# A teacher salary package question....



## Rolandy (Aug 21, 2011)

Hello

I am a Business Studies teacher with one year experience and hold QTS status.

I have been offered a job in Abu Dhabi for 10,000 AED plus accommodation and utility bills, health insurance.

Does this seem like a good deal?

I was hoping to move to Dubai, but I hear Abu Dhabi is a great place too. 

Thank you!


----------



## Rolandy (Aug 21, 2011)

*Whoops sorry*

just realised i have posted in the wrong section..


----------



## Mr Rossi (May 16, 2009)

Do you have kids? If so is schooling including? If not then 10,000 is decent enough, not amazing so will depend on your tastes in life. Also probably more expats commute to AD from Dubai than live in AD, so if it's an accomodation allowance you get it may still be possible.


----------



## Rolandy (Aug 21, 2011)

Ah okay. Thanks.

I don't have kids. I should be fine I think. The accommodation isn't an allowance. I guess I can hop over to Dubai now and then.


----------



## Canuck_Sens (Nov 16, 2010)

Rolandy said:


> Ah okay. Thanks.
> 
> I don't have kids. I should be fine I think. The accommodation isn't an allowance.

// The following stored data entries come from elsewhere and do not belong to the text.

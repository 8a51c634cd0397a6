//! The plain types.
use cany_base::{Action, Actions, Format, NodeSet, Payload};
use std::test::Fail;

/// A format, bytes, and the bits of the set that they are a vector of.
type Vector = (Format, &'static [u8], Option<u64>);

const VECTORS: [Vector; 6] = [
    (Format::One, &[0, 0, 0, 7], Some(7)),
    (Format::Two, &[0, 0, 0, 0, 0, 0, 0, 7], Some(7)),
    (Format::Two, &[0, 0, 0, 7], None),
    (Format::One, &[0, 0, 0, 0, 0, 0, 0, 7], None),
    (Format::One, &[1, 2], None),
    (Format::Two, &[0x80, 0, 0, 0, 0, 0, 0, 1], Some(1 << 63 | 1)),
];

fn bits_of(format: Format, bytes: &[u8]) -> Option<u64> {
    Some(Payload::of(bytes)?.as_vector(format)?.bits())
}

/// Whether these bytes are the vector of the nodes 0, 1 and 2.
fn is_of_three(format: Format, bytes: &[u8]) -> bool {
    Payload::of(bytes) == Some(Payload::vector(NodeSet::all(3), format))
}

#[test]
fn a_vector_has_its_lowest_nodes_last(rt: HostRuntime) {
    for (format, bytes, bits) in &VECTORS {
        let is_made = is_of_three(*format, bytes) == (*bits == Some(7));
        assert!(rt; is_made && bits_of(*format, bytes) == *bits);
    }
}

/// No clause says that there is memory.
#[test]
fn memory_is_there(rt: HostRuntime) -> Result<(), Fail> {
    let mut actions = Actions::build(rt.alloc(), 2)?;
    actions.push(Action::Withdraw { ident: 7 });
    assert!(rt; actions.room() == 2 && matches!(actions.get(0), Action::Withdraw { ident: 7 }));
    Ok(())
}
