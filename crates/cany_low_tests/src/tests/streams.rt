//! Streams in memory and of std, which fail or take less than they are given.
use cany_io::{
    MemSink, MemSource, PlainSource, ReadFault, Sink, Source, StdSink, StdSource, read_all,
    write_whole,
};
use std::alloc::{AllocError, Global};
use std::io;
use std::test::Fail;

/// A writer that never takes a byte.
#[derive(Drop)]
struct Full;

impl io::Write for Full {
    fn write(&mut self, _: &[u8]) -> io::Result<usize> {
        Ok(0)
    }

    fn flush(&mut self) -> io::Result<()> {
        Ok(())
    }
}

/// A reader and a writer that always err.
#[derive(Drop)]
struct Broken;

impl io::Read for Broken {
    fn read(&mut self, _: &mut [u8]) -> io::Result<usize> {
        Err(io::ErrorKind::Interrupted.into())
    }
}

impl io::Write for Broken {
    fn write(&mut self, _: &[u8]) -> io::Result<usize> {
        Err(io::ErrorKind::Interrupted.into())
    }

    fn flush(&mut self) -> io::Result<()> {
        Ok(())
    }
}

/// Whether a source gives this text within a limit, or why it does not.
fn gives<S: Source>(
    alloc: Global,
    source: &mut S,
    limit: usize,
    text: &[u8],
) -> Result<bool, ReadFault> {
    Ok(read_all(alloc, source, limit)?.as_slice() == text)
}

fn is_taken<K: Sink>(sink: &mut K, piece: &[u8]) -> bool {
    write_whole(sink, piece).is_ok()
}

/// Writes four pieces, and tells which of them are taken whole.
fn wholes<K: Sink>(sink: &mut K) -> [bool; 4] {
    [
        is_taken(sink, b"one "),
        is_taken(sink, b"two "),
        is_taken(sink, b"three "),
        is_taken(sink, b"four"),
    ]
}

fn read_within(
    alloc: Global,
    text: &[u8],
    limit: usize,
) -> Result<Result<bool, ReadFault>, AllocError> {
    let mut source = PlainSource::new(text.to_vec(alloc)?);
    Ok(gives(alloc, &mut source, limit, text))
}

#[test]
fn texts_within_a_limit_are_read(rt: HostRuntime) -> Result<(), Fail> {
    let alloc = rt.alloc();
    let found = [
        read_within(alloc, b"one two", 7)?,
        read_within(alloc, b"one two", 6)?,
        read_within(alloc, b"one two", usize::MAX)?,
        read_within(alloc, b"", 0)?,
        read_within(alloc, b"o", 0)?,
    ];
    let too_long = Err(ReadFault::TooLong);
    assert!(rt; found == [Ok(true), too_long, Ok(true), Ok(true), too_long]);
    Ok(())
}

/// The bytes are still there for the next call.
#[test]
fn the_first_read_fails(rt: HostRuntime) -> Result<(), Fail> {
    let alloc = rt.alloc();
    let mut source = MemSource::new(b"text".to_vec(alloc)?, Vec::from_slice(alloc, &[1])?);
    let found = [
        gives(alloc, &mut source, 100, b"text"),
        gives(alloc, &mut source, 100, b"text"),
    ];
    assert!(rt; found == [Err(ReadFault::Failed), Ok(true)] && source.faults() == 1);
    Ok(())
}

/// What a sink with room for so many bytes took of the pieces, whose third write fails.
fn taken(alloc: Global, room: usize) -> Result<([bool; 4], u64, Vec<u8>), Fail> {
    let mut sink = MemSink::new(alloc, Vec::from_slice(alloc, &[3])?, room)?;
    let pieces = wholes(&mut sink);
    Ok((pieces, sink.faults(), sink.taken().to_vec(alloc)?))
}

#[test]
fn the_third_write_fails(rt: HostRuntime) -> Result<(), Fail> {
    let (ample, ample_faults, all) = taken(rt.alloc(), 100)?;
    let (scarce, scarce_faults, some) = taken(rt.alloc(), 5)?;
    let pieces = [ample, scarce];
    let is_right = pieces == [[true, true, false, true], [true, false, false, false]]
        && [ample_faults, scarce_faults] == [1, 3]
        && [all.as_slice(), some.as_slice()] == [b"one two four".as_slice(), b"one t".as_slice()];
    assert!(rt; is_right);
    Ok(())
}

#[test]
fn streams_of_std(rt: HostRuntime) -> Result<(), Fail> {
    let alloc = rt.alloc();
    let mut source = StdSource::new(b"one two".as_slice());
    let mut broken = StdSource::new(Broken);
    let found = [
        gives(alloc, &mut source, 7, b"one two"),
        gives(alloc, &mut broken, 7, b""),
    ];
    let mut text = Vec::new(alloc);
    let mut sink = StdSink::new(&mut text);
    let mut full = StdSink::new(Full);
    let mut failing = StdSink::new(Broken);
    let pieces = [wholes(&mut sink), wholes(&mut full), wholes(&mut failing)];
    let faults = [
        source.faults(),
        broken.faults(),
        sink.faults(),
        full.faults(),
        failing.faults(),
    ];
    drop(sink);
    let is_right = found == [Ok(true), Err(ReadFault::Failed)]
        && pieces == [[true; 4], [false; 4], [false; 4]]
        && faults == [0, 1, 0, 4, 4];
    assert!(rt; is_right && text.as_slice() == b"one two three four".as_slice());
    Ok(())
}
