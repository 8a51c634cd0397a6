//! Frames and their identifiers, as they are on a bus.
use can_frame::{
    FrameFault, class_of, frame_of, has_incarnation, identifier, is_remote, key, number_fits,
    tells_incarnation,
};
use cany_base::Class::{Accept, Confirm, Ed, Els, Fda, Join, Leave, Rel, Rha, Tot};
use cany_base::Format::{One, Two};
use cany_base::{Class, Format, Payload};
use std::test::Fail;

/// A format, the class of a frame, the kind of such frames, number, node and incarnation of the
/// frame, its bytes, and its identifier.
type Example = (Format, Class, bool, (u16, u8, u8), &'static [u8], u32);

const REMOTE: bool = true;

const DATA: bool = false;

/// The frame is made of its identifier, kind and bytes, and has this identifier, and the key that
/// goes with it.
fn is_made(example: &Example, payload: Payload) -> Result<bool, FrameFault> {
    let (format, class, remote, (number, node, inc), _, ident) = *example;
    let frame = frame_of(format, ident, remote, payload)?;
    let encoded = identifier(format, &frame);
    let order = key(format, &frame);
    let found = [
        u64::from(encoded),
        order,
        u64::from(frame.number),
        u64::from(frame.node.get()),
        u64::from(frame.inc),
    ];
    let wanted = [
        u64::from(ident),
        2 * u64::from(ident) + u64::from(remote),
        u64::from(number),
        u64::from(node),
        u64::from(inc),
    ];
    Ok(found == wanted && frame.class == class && frame.payload == payload)
}

/// The identifier tells the class, of which there is no frame of the other kind.
fn tells_class(example: &Example, payload: Payload) -> bool {
    let (format, class, remote, _, _, ident) = *example;
    let is_told = [
        class_of(ident) == Some(class),
        is_remote(class) == remote,
        tells_incarnation(ident) == has_incarnation(class),
        frame_of(format, ident, !remote, payload) == Err(FrameFault::Kind),
    ];
    is_told == [true; 4]
}

const FOUR: &[u8] = b"\x00\x00\x00\x07";

const EIGHT: &[u8] = b"\x80\x00\x00\x00\x00\x00\x00\x07";

const EXAMPLES: [Example; 29] = [
    (One, Accept, REMOTE, (5, 3, 0), b"", 0x0000_0a30),
    (Two, Accept, REMOTE, (5, 3, 0), b"", 0x0000_1430),
    (One, Rha, DATA, (5, 3, 0), FOUR, 0x0200_0a30),
    (Two, Rha, DATA, (5, 3, 0), EIGHT, 0x0200_1430),
    (One, Els, REMOTE, (5, 3, 0), b"", 0x0400_0a30),
    (Two, Els, REMOTE, (5, 3, 0), b"", 0x0400_1430),
    (One, Fda, REMOTE, (5, 3, 0), b"", 0x0600_0a30),
    (Two, Fda, REMOTE, (5, 3, 0), b"", 0x0600_1430),
    (One, Join, REMOTE, (5, 3, 0), b"", 0x0800_0a30),
    (Two, Join, REMOTE, (5, 3, 0), b"", 0x0800_1430),
    (One, Leave, REMOTE, (5, 3, 0), b"", 0x0a00_0a30),
    (Two, Leave, REMOTE, (5, 3, 0), b"", 0x0a00_1430),
    (One, Confirm, REMOTE, (5, 3, 0), b"", 0x0c00_0a30),
    (Two, Confirm, REMOTE, (5, 3, 0), b"", 0x0c00_1430),
    (One, Tot, DATA, (5, 3, 0), b"12345678", 0x0e00_0a30),
    (Two, Tot, DATA, (5, 3, 0), b"12345678", 0x0e00_1430),
    (One, Rel, DATA, (5, 3, 0), b"", 0x1000_0a30),
    (Two, Rel, DATA, (5, 3, 0), b"", 0x1000_1430),
    (One, Ed, DATA, (5, 3, 0), b"\x01", 0x1200_0a30),
    (Two, Ed, DATA, (5, 3, 0), b"\x01", 0x1200_1430),
    // The first and the last of the fields.
    (One, Ed, DATA, (0, 1, 0), b"", 0x1200_0010),
    (One, Ed, DATA, (65535, 31, 0), b"", 0x13ff_fff0),
    (Two, Ed, DATA, (32767, 63, 0), b"", 0x13ff_fff0),
    // An incarnation stands in the lowest four bits, and four classes tell one.
    (One, Join, REMOTE, (2, 1, 1), b"", 0x0800_0411),
    (Two, Join, REMOTE, (2, 1, 1), b"", 0x0800_0811),
    (One, Rha, DATA, (5, 3, 15), FOUR, 0x0200_0a3f),
    (One, Els, REMOTE, (5, 3, 15), b"", 0x0400_0a3f),
    (One, Join, REMOTE, (5, 3, 15), b"", 0x0800_0a3f),
    (One, Leave, REMOTE, (5, 3, 15), b"", 0x0a00_0a3f),
];

#[test]
fn frames_of_every_class(rt: HostRuntime) -> Result<(), Fail> {
    for example in &EXAMPLES {
        let payload = Payload::of(example.4).ok_or("more than 8 bytes")?;
        assert!(rt; is_made(example, payload)? && tells_class(example, payload));
    }
    Ok(())
}

/// A format, an identifier, the kind and the bytes of no frame, and why it is none.
type Refusal = (Format, u32, bool, &'static [u8], FrameFault);

const REFUSED: [Refusal; 12] = [
    (One, 0x1400_0000, DATA, b"", FrameFault::Class),
    (One, 0x0000_0a31, REMOTE, b"", FrameFault::Pad),
    (One, 0x0000_0a3f, REMOTE, b"", FrameFault::Pad),
    (One, 0x0600_0a3f, REMOTE, b"", FrameFault::Pad),
    (One, 0x0c00_0a3f, REMOTE, b"", FrameFault::Pad),
    (One, 0x0e00_0a3f, DATA, b"1", FrameFault::Pad),
    (One, 0x1000_0a3f, DATA, b"", FrameFault::Pad),
    (One, 0x1200_0a3f, DATA, b"", FrameFault::Pad),
    (One, 0x0000_0a30, DATA, b"", FrameFault::Kind),
    (One, 0x0200_0200, DATA, b"abc", FrameFault::Length),
    (One, 0x0200_0200, DATA, b"abcdefgh", FrameFault::Length),
    (Two, 0x0200_0200, DATA, b"abcd", FrameFault::Length),
];

fn is_refused(row: &Refusal) -> bool {
    let (format, ident, remote, bytes, fault) = *row;
    match Payload::of(bytes) {
        Some(payload) => frame_of(format, ident, remote, payload) == Err(fault),
        None => false,
    }
}

#[test]
fn refusals(rt: HostRuntime) {
    for row in &REFUSED {
        assert!(rt; is_refused(row));
    }
}

#[test]
fn numbers_fit_their_field(rt: HostRuntime) {
    assert!(rt; number_fits(One, u16::MAX) && number_fits(Two, 32_767));
    assert!(rt; !number_fits(Two, 32_768));
}
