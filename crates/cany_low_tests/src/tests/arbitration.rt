//! What nodes offer to the bus in a slot, and which frame it carries. All frames are of the second
//! format.
ghost use Rattle.std.specs.Prelude.{IfSome};
ghost use Rattle.can_frame.specs.Identifier.{FitsFormat};
ghost use Rattle.cany_base.specs.declared.format.Format.TheVariants.{Two as second};

use can_arbiter::{Offers, Outcome, arbitrate};
use can_frame::frame_of;
use cany_base::Format::Two;
use cany_base::{Frame, NodeId, NodeSet, Payload};
use std::test::Fail;

/// Who offers, and the identifier, the kind and the bytes of the frame.
type Offer = (u8, u32, bool, &'static [u8]);

/// What nodes offer one after another, and the place of the offer that wins, with the bits of the
/// nodes that send it.
type Row = (&'static [Offer], Option<(usize, u64)>);

const REMOTE: bool = true;

const DATA: bool = false;

const ROWS: [Row; 8] = [
    (&[], None),
    (&[(63, 0x0e00_03f0, DATA, b"")], Some((0, 1 << 63))),
    // The class decides, then the number, then the node of the frame.
    (
        &[(2, 0x1200_0020, DATA, b""), (5, 0x0e00_1c50, DATA, b"")],
        Some((1, 1 << 5)),
    ),
    (
        &[(2, 0x1200_0420, DATA, b""), (5, 0x1200_0050, DATA, b"")],
        Some((1, 1 << 5)),
    ),
    (
        &[(5, 0x1200_0050, DATA, b""), (9, 0x1200_0020, DATA, b"")],
        Some((1, 1 << 9)),
    ),
    // Nodes that offer the same frame send it together.
    (
        &[
            (40, 0x0000_0810, REMOTE, b""),
            (1, 0x0000_0810, REMOTE, b""),
            (4, 0x0000_0810, REMOTE, b""),
            (3, 0x0e00_0030, DATA, b""),
        ],
        Some((0, 1 << 40 | 1 << 4 | 1 << 1)),
    ),
    // Of two payloads under one identifier the bus carries that of the least node.
    (
        &[
            (11, 0x1200_0060, DATA, b"\x01"),
            (9, 0x1200_0060, DATA, b"\x02"),
            (6, 0x1200_0060, DATA, b"\x01"),
        ],
        Some((0, 1 << 11 | 1 << 6)),
    ),
    // A node offers one frame, the last that it has put.
    (
        &[
            (7, 0x0e00_0070, DATA, b""),
            (8, 0x1200_0080, DATA, b""),
            (7, 0x1200_0470, DATA, b""),
        ],
        Some((1, 1 << 8)),
    ),
];

fn offered(offer: &Offer) -> Option<(NodeId, Frame)>
    ensures { IfSome result (λ offered. FitsFormat second offered.1) }
{
    let (by, ident, remote, bytes) = *offer;
    let frame = frame_of(Two, ident, remote, Payload::of(bytes)?).ok()?;
    Some((NodeId::new(by)?, frame))
}

fn put_all(row: &[Offer]) -> Option<Offers> {
    let mut offers = Offers::none(Two);
    for offer in row {
        let (by, frame) = offered(offer)?;
        offers.put(by, frame);
    }
    Some(offers)
}

/// The frame that the bus carries, and who sends it.
fn carried(offers: &Offers) -> Option<(Frame, NodeSet)> {
    match arbitrate(offers) {
        Outcome::Idle => None,
        Outcome::Won { frame, senders } => Some((frame, senders)),
    }
}

/// The bus carries what the row says. Node 62 offers nothing in any row.
fn is_decided(row: &Row) -> Option<bool> {
    let (all, winner) = *row;
    let offers = put_all(all)?;
    let is_free = offers.get(NodeId::of_index(62)).is_none();
    let found = carried(&offers);
    let Some((place, bits)) = winner else {
        return Some(is_free && found.is_none());
    };
    let (by, frame) = offered(all.get(place)?)?;
    let is_offered = offers.get(by) == Some(frame);
    Some(is_free && is_offered && found == Some((frame, NodeSet::of_bits(bits))))
}

#[test]
fn offers_are_decided(rt: HostRuntime) -> Result<(), Fail> {
    for row in &ROWS {
        assert!(rt; is_decided(row).ok_or("no offer")?);
    }
    Ok(())
}
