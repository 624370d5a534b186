//! The slots of the files, and the blocks that the files take.

ghost use Rattle.std.specs.Prelude.{◌≡◌, ◌<◌, ◌≤◌, ◌*◌, length, position, IfSome, is_none};
ghost use Rattle.edi_calls.specs.State.{File, most_bytes, pages_of, blocks_of, blocks_in, blocks_taken, is_titled, first_index, find_slot, first_free, slot_at};
ghost use Rattle.edi_calls.specs.Calls.{is_protected, open_slot, slot_for};

use crate::stored::StoredFile;
use edi_calls::blocks_of;

fn blocks_in(slot: &Option<StoredFile>) -> usize
    ensures exact { result ≡ blocks_in slot.now }
    ensures bound { result ≤ 512 }
{
    match slot {
        Some(file) => blocks_of(file.bytes().len()),
        None => 0,
    }
}

/// The blocks that all files take.
pub(crate) fn blocks_taken(slots: &[Option<StoredFile>]) -> usize
    requires { length slots.now ≤ 256 }
    ensures exact { result ≡ blocks_taken slots.now }
    ensures bound { result ≤ 512 * length slots.now }
{
    let mut taken = 0;
    for slot in slots {
        taken += blocks_in(slot);
    }
    taken
}

fn is_titled(slot: &Option<StoredFile>, title: &[u8]) -> bool
    ensures { result ≡ is_titled title.now slot.now }
{
    match slot {
        Some(file) => file.title() == title,
        None => false,
    }
}

// The first place of a file with this title.
fn titled_place(slots: &[Option<StoredFile>], title: &[u8]) -> Option<usize>
    ensures { result ≡ position (is_titled title.now) slots.now }
{
    slots.iter().position(|slot| is_titled(slot, title))
}

/// The slot of the file with this title.
#[tactic(auto, using(crate::proofs::Places::first_place, crate::proofs::Places::within_slots))]
pub(crate) fn find_slot(slots: &[Option<StoredFile>], title: &[u8]) -> Option<usize>
    ensures exact { result ≡ find_slot slots.now title.now }
    ensures within { IfSome result (λ index. index < length slots.now) }
{
    titled_place(slots, title)
}

// The first place without a file.
fn free_place(slots: &[Option<StoredFile>]) -> Option<usize>
    ensures { result ≡ position is_none slots.now }
{
    slots.iter().position(|slot| slot.is_none())
}

/// The first free slot.
#[tactic(auto, using(crate::proofs::Places::first_place, crate::proofs::Places::within_slots))]
pub(crate) fn first_free(slots: &[Option<StoredFile>]) -> Option<usize>
    ensures exact { result ≡ first_free slots.now }
    ensures within { IfSome result (λ index. index < length slots.now) }
{
    free_place(slots)
}

fn is_protected(slot: &Option<StoredFile>) -> bool
    ensures { result ≡ is_protected slot.now }
{
    match slot {
        Some(file) => file.is_protected(),
        None => false,
    }
}

/// The slot of the file with this title, if it may be changed: a protected file may not.
pub(crate) fn open_slot(slots: &[Option<StoredFile>], title: &[u8]) -> Option<usize>
    ensures exact { result ≡ open_slot slots.now title.now }
    ensures within { IfSome result (λ index. index < length slots.now) }
{
    let index = find_slot(slots, title)?;
    if is_protected(&slots[index]) {
        None
    } else {
        Some(index)
    }
}

/// The slot where a file of this title is stored: its own, if it may be changed; for a new title the first free one.
pub(crate) fn slot_for(slots: &[Option<StoredFile>], title: &[u8]) -> Option<usize>
    ensures exact { result ≡ slot_for slots.now title.now }
    ensures within { IfSome result (λ index. index < length slots.now) }
{
    if find_slot(slots, title).is_none() {
        first_free(slots)
    } else {
        open_slot(slots, title)
    }
}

I guess I can hop over to Dubai now and then.


Hi Rolandy,

I have some friends that work in AD as teachers. They are pretty much on the same scheme I guess. They've got housing, utility bills covered, insurance and travel tickets covered. If you want I can put you in touch with them. PM me if interested.

They told me not a a long ago that there was a hiring spree of teachers in AD...


----------



## justforus (Jul 28, 2008)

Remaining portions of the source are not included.